(Stored items)

══════════

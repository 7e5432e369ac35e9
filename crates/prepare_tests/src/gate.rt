//! Parts run side by side.

use span_view::{SpanRef, is_text};
use std::alloc::AllocError;
use std::process::Abort;
use std::sync::atomic::{AtomicBool, Ordering};
use std::thread;
use tail_notes::note_all;
use tail_policy::Policy;

/// Holds the note of a span that starts at 0 until the note of one that starts later was begun.
#[derive(Drop)]
struct Gate {
    // How many turns a note is held at most.
    turns: u32,
    begun: AtomicBool,
    passed: AtomicBool,
}

impl Gate {
    fn closed(turns: u32) -> Gate {
        Gate {
            turns,
            begun: AtomicBool::new(false),
            passed: AtomicBool::new(false),
        }
    }

    /// Waits for the later span.
    fn hold(&self) {
        for _ in 0..self.turns {
            if self.begun.load(Ordering::SeqCst) {
                self.passed.store(true, Ordering::SeqCst);
                return;
            }
            thread::yield_now();
        }
    }
}

impl Policy for Gate {
    ghost use Rattle.std.specs.Prelude.{true, refl};

    type Note = bool;

    ghost note_of = { λ gate span. true };

    ghost joined = { λ gate first second. first };

    ghost verdict_of = { λ gate note. true };

    ghost samples = { λ gate spans. true };

    ghost associative = { λ gate a b c. refl };

    ghost means = { λ gate span spans. refl };

    fn note(&self, span: &SpanRef<'_>) -> Result<bool, AllocError> {
        if span.start() == 0 {
            self.hold();
        } else {
            self.begun.store(true, Ordering::SeqCst);
        }
        Ok(true)
    }

    fn join(&self, first: bool, _second: bool) -> bool {
        first
    }

    fn verdict(&self, _note: &bool) -> bool {
        true
    }
}

/// At 1.
const LATER: &[u8] = b"\x39\x01\x00\x00\x00\x00\x00\x00\x00";

fn checked<'a>(rt: &impl Abort, span: &'a [u8]) -> SpanRef<'a> {
    assert!(rt; is_text(span, b""));
    SpanRef::of(span, b"")
}

#[test]
fn the_first_part_waits_for_the_second(rt: HostRuntime) {
    let gate = Gate::closed(1_000_000);
    let spans = [checked(&rt, b""), checked(&rt, LATER)];
    let notes = note_all(&rt, rt.alloc(), &gate, &spans, 2).expect(&rt, "memory");
    assert_eq!(rt; notes.len(), 2);
    assert!(rt; gate.passed.load(Ordering::SeqCst));
}

#[test]
fn one_part_waits_in_vain(rt: HostRuntime) {
    let gate = Gate::closed(2_000);
    let spans = [checked(&rt, b""), checked(&rt, LATER)];
    let notes = note_all(&rt, rt.alloc(), &gate, &spans, 1).expect(&rt, "memory");
    assert_eq!(rt; notes.len(), 2);
    assert!(rt; !gate.passed.load(Ordering::SeqCst));
}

══════════

| EXERCISE PROMPT |
The data above, all of it, needs to be output exactly as written.

| SOLVED PROBLEM |
repository 7e5432e369ac35e9
filename crates/prepare_tests/src/gate.rt
//! Parts run side by side.

use span_view::{SpanRef, is_text};
use std::alloc::AllocError;
use std::process::Abort;
use std::sync::atomic::{AtomicBool, Ordering};
use std::thread;
use tail_notes::note_all;
use tail_policy::Policy;

/// Holds the note of a span that starts at 0 until the note of one that starts later was begun.
#[derive(Drop)]
struct Gate {
    // How many turns a note is held at most.
    turns: u32,
    begun: AtomicBool,
    passed: AtomicBool,
}

impl Gate {
    fn closed(turns: u32) -> Gate {
        Gate {
            turns,
            begun: AtomicBool::new(false),
            passed: AtomicBool::new(false),
        }
    }

    /// Waits for the later span.
    fn hold(&self) {
        for _ in 0..self.turns {
            if self.begun.load(Ordering::SeqCst) {
                self.passed.store(true, Ordering::SeqCst);
                return;
            }
            thread::yield_now();
        }
    }
}

impl Policy for Gate {
    ghost use Rattle.std.specs.Prelude.{true, refl};

    type Note = bool;

    ghost note_of = { λ gate span. true };

    ghost joined = { λ gate first second. first };

    ghost verdict_of = { λ gate note. true };

    ghost samples = { λ gate spans. true };

    ghost associative = { λ gate a b c. refl };

    ghost means = { λ gate span spans. refl };

    fn note(&self, span: &SpanRef<'_>) -> Result<bool, AllocError> {
        if span.start() == 0 {
            self.hold();
        } else {
            self.begun.store(true, Ordering::SeqCst);
        }
        Ok(true)
    }

    fn join(&self, first: bool, _second: bool) -> bool {
        first
    }

    fn verdict(&self, _note: &bool) -> bool {
        true
    }
}

/// At 1.
const LATER: &[u8] = b"\x39\x01\x00\x00\x00\x00\x00\x00\x00";

fn checked<'a>(rt: &impl Abort, span: &'a [u8]) -> SpanRef<'a> {
    assert!(rt; is_text(span, b""));
    SpanRef::of(span, b"")
}

#[test]
fn the_first_part_waits_for_the_second(rt: HostRuntime) {
    let gate = Gate::closed(1_000_000);
    let spans = [checked(&rt, b""), checked(&rt, LATER)];
    let notes = note_all(&rt, rt.alloc(), &gate, &spans, 2).expect(&rt, "memory");
    assert_eq!(rt; notes.len(), 2);
    assert!(rt; gate.passed.load(Ordering::SeqCst));
}

#[test]
fn one_part_waits_in_vain(rt: HostRuntime) {
    let gate = Gate::closed(2_000);
    let spans = [checked(&rt, b""), checked(&rt, LATER)];
    let notes = note_all(&rt, rt.alloc(), &gate, &spans, 1).expect(&rt, "memory");
    assert_eq!(rt; notes.len(), 2);
    assert!(rt; !gate.passed.load(Ordering::SeqCst));
}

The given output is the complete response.